Ginny shuddered at the type of mentality that would generate murder as a legitimate solution. But then again, she couldn't help but feel so relieved when Pansy fired that Avada Kedavra into her own father. Pansy killed her own father. For Luna. It was just too much to wrap her head around. Ginny would have to bring it up in her next session with her new therapist Fleur Delacour. "I had him in my head you know, Tom. Lord Voldemort."

Pansy looked up from Luna's sleeping form to meet the fierce doe eyes of the youngest Weasley. "I didn't know that. When?"

"Chamber of Secrets. He possessed me with a diary he enchanted when he was about your age actually," Ginny said softly. If somebody were to tie her to a chair and ask her why the hell she was suddenly confiding in Pansy Parkinson 'the Queen of Slytherin' no less, she would have no satisfying answers for them.

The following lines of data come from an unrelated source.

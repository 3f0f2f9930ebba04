//! The texts of datagrams that go out.
ghost use Rattle.std.specs.Prelude.{◌≡◌, ◌≤◌, ◌++◌, ◌∷◌, [], IfSome, OnOk, Some, length};
ghost use Rattle.std.specs.FinMap.{get};
ghost use Rattle.crypto_profile.specs.Keys.{keys_of};
ghost use Rattle.crypto_profile.specs.Opening.{plain_of};
ghost use Rattle.endpoint.specs.Kinds.{kinds_in, kinds_left};
ghost use Rattle.endpoint_laws.specs.Contexts.{generation_of};
ghost use Rattle.rtmfp_report.specs.SentText.{behind_pluses, kinds_text, kinds_under};
ghost use Rattle.rtmfp_report.specs.SentText.{sent_kinds, sent_text};

use crate::group_keys::{GroupKeys, generation_of};
use crate::lone_chunk::lone_kind;
use crypto_profile::{CIPHERED_AT, Context, Generation};
use endpoint::{Kinds, outgoing_kinds};
use packet_scramble::SEALED_AT;
use rtmfp_forms::Address;
use rtmfp_text::{Text, kind_name, push_address};
use std::alloc::AllocError;

/// The bytes of a plain packet that are deciphered at a time.
const BLOCK_LEN: usize = 32;

/// Adds a datagram that goes out: its number, where it goes, and the names of its chunks.
pub(crate) fn push_sent(
    keys: &GroupKeys,
    number: u64,
    to: &Address,
    datagram: &[u8],
    context: &Context,
    scratch: &mut Vec<u8>,
    text: &mut Text,
) -> Result<(), AllocError>
    ensures { OnOk result (text.new ≡ text.old
        ++ sent_text keys.now number to.now datagram.now context.now) }
{
    text.push_number_field("sent ", number)?;
    text.push(" ")?;
    push_address(to, text)?;
    text.push(" ")?;
    push_sent_kinds(keys, datagram, context, scratch, text)?;
    Ok(())
}

/// Adds the names of the chunks of a datagram that was sealed in this context, if its generation
/// has a secret.
fn push_sent_kinds(
    keys: &GroupKeys,
    datagram: &[u8],
    context: &Context,
    scratch: &mut Vec<u8>,
    text: &mut Text,
) -> Result<(), AllocError>
    ensures { OnOk result (text.new ≡ text.old
        ++ kinds_text (sent_kinds keys.now context.now datagram.now)) }
{
    let Some(group) = keys.group(generation_of(context)) else {
        return text.push("none");
    };
    push_kinds_under(keys, group.get(), datagram, context, scratch, text)
}

/// The same by the secret of its generation.
fn push_kinds_under(
    keys: &GroupKeys,
    group: &Generation,
    datagram: &[u8],
    context: &Context,
    scratch: &mut Vec<u8>,
    text: &mut Text,
) -> Result<(), AllocError>
    requires group { get keys.now (generation_of context.now) ≡ Some group.now.secret }
    requires number { group.now.generation ≡ generation_of context.now }
    ensures { OnOk result (text.new ≡ text.old
        ++ kinds_text (kinds_under (Some group.now.secret) context.now datagram.now)) }
{
    if datagram.len() < SEALED_AT + CIPHERED_AT {
        return text.push("none");
    }
    let (_, part) = datagram.split_at(SEALED_AT);
    if let Some(kind) = only_kind(keys, group, part, context) {
        return text.push(kind_name(kind));
    }
    scratch.clear();
    scratch.extend_from_slice(part)?;
    keys.decipher(group, context, scratch.as_mut_slice());
    let (_, plain) = scratch.as_slice().split_at(CIPHERED_AT);
    push_kinds(plain, text)
}

/// The type of the only chunk of a sealed part, where the first block of its plain packet tells it.
/// Most packets have one chunk, and of these no other block is deciphered.
fn only_kind(keys: &GroupKeys, group: &Generation, part: &[u8], context: &Context) -> Option<u8>
    requires long { 32 ≤ length part.now }
    requires group { get keys.now (generation_of context.now) ≡ Some group.now.secret }
    requires number { group.now.generation ≡ generation_of context.now }
    ensures { IfSome result (λ kind.
        kinds_in (plain_of (keys_of group.now.secret context.now) part.now) ≡ kind ∷ []) }
{
    let mut room = [0; CIPHERED_AT + BLOCK_LEN];
    let count = part.len().min(room.len());
    let (front, _) = room.split_at_mut(count);
    let (known, _) = part.split_at(count);
    front.copy_from_slice(known);
    keys.decipher(group, context, front);
    let (_, plain) = front.split_at(CIPHERED_AT);
    lone_kind(part.len() - CIPHERED_AT, plain)
}

/// Adds the names of the chunks of a plain packet.
fn push_kinds(plain: &[u8], text: &mut Text) -> Result<(), AllocError>
    ensures { OnOk result (text.new ≡ text.old ++ kinds_text (kinds_in plain.now)) }
{
    let mut kinds = outgoing_kinds(plain);
    match kinds.next() {
        None => text.push("none"),
        Some(first) => {
            text.push(kind_name(first))?;
            push_more_kinds(kinds, text)
        }
    }
}

/// Adds the names of chunks, each behind a plus sign.
fn push_more_kinds(kinds: Kinds<'_>, text: &mut Text) -> Result<(), AllocError>
    ensures { OnOk result (text.new ≡ text.old ++ behind_pluses (kinds_left kinds.entry)) }
{
    for kind in kinds {
        text.push("+")?;
        text.push(kind_name(kind))?;
    }
    Ok(())
}
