//! The text of nonces.
ghost use Rattle.std.specs.Prelude.{◌≡◌, ◌++◌, OnOk};
ghost use Rattle.rtmfp_report.specs.NonceText.{nonce_text, without_zeros};

use rtmfp_text::Text;
use std::alloc::AllocError;

/// Adds a nonce as one hexadecimal number, without zeros in front.
#[tactic(auto, unfolding(crate::specs::NonceText::nonce_text))]
pub(crate) fn push_nonce(nonce: &[u8; 16], text: &mut Text) -> Result<(), AllocError>
    ensures { OnOk result (text.new ≡ text.old ++ nonce_text nonce.now) }
{
    let mut digits = [0; 32];
    // There are two digits for each byte, so nothing is refused.
    let _ = hex::encode_to_slice(nonce, &mut digits);
    push_without_zeros(&digits, text)
}

/// Adds digits without the zeros that stand in front, and one zero where no other digit is there.
fn push_without_zeros(digits: &[u8], text: &mut Text) -> Result<(), AllocError>
    ensures { OnOk result (text.new ≡ text.old ++ without_zeros digits.now) }
{
    let mut rest = digits;
    while let [b'0', others @ ..] = rest {
        rest = others;
    }
    match rest {
        [] => text.push("0"),
        _ => text.push_plain(rest),
    }
}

"Damn," Pansy whispered. She looked back to Luna, who shifted slightly in her sleep, but remained firmly in the world of dreams. "You're brave, for telling me. Hell, for telling anyone."

"Well, he's dead now." Ginny said. As if that were an answer. She looked up at Pansy, who was still looking down at Luna with something intense but undefined in her gaze. Ginny let out a small chuckle before rising to her feet. "Well, I have an appointment I need to go to in ten minutes. I'll leave Luna in your hands."

"Oh, alright," Pansy said with a little surprise.

"I don't know why she saved you, but you damn well make it up to her somehow, you hear me?" Ginny said firmly. It wasn't an accusation exactly, but Pansy flinched all the same before fortifying herself

"I think I'll spend most of the rest of my life doing exactly that Ginny," Pansy met Ginny's gaze with an intensity the Weasley had never seen from the Slytherin girl before.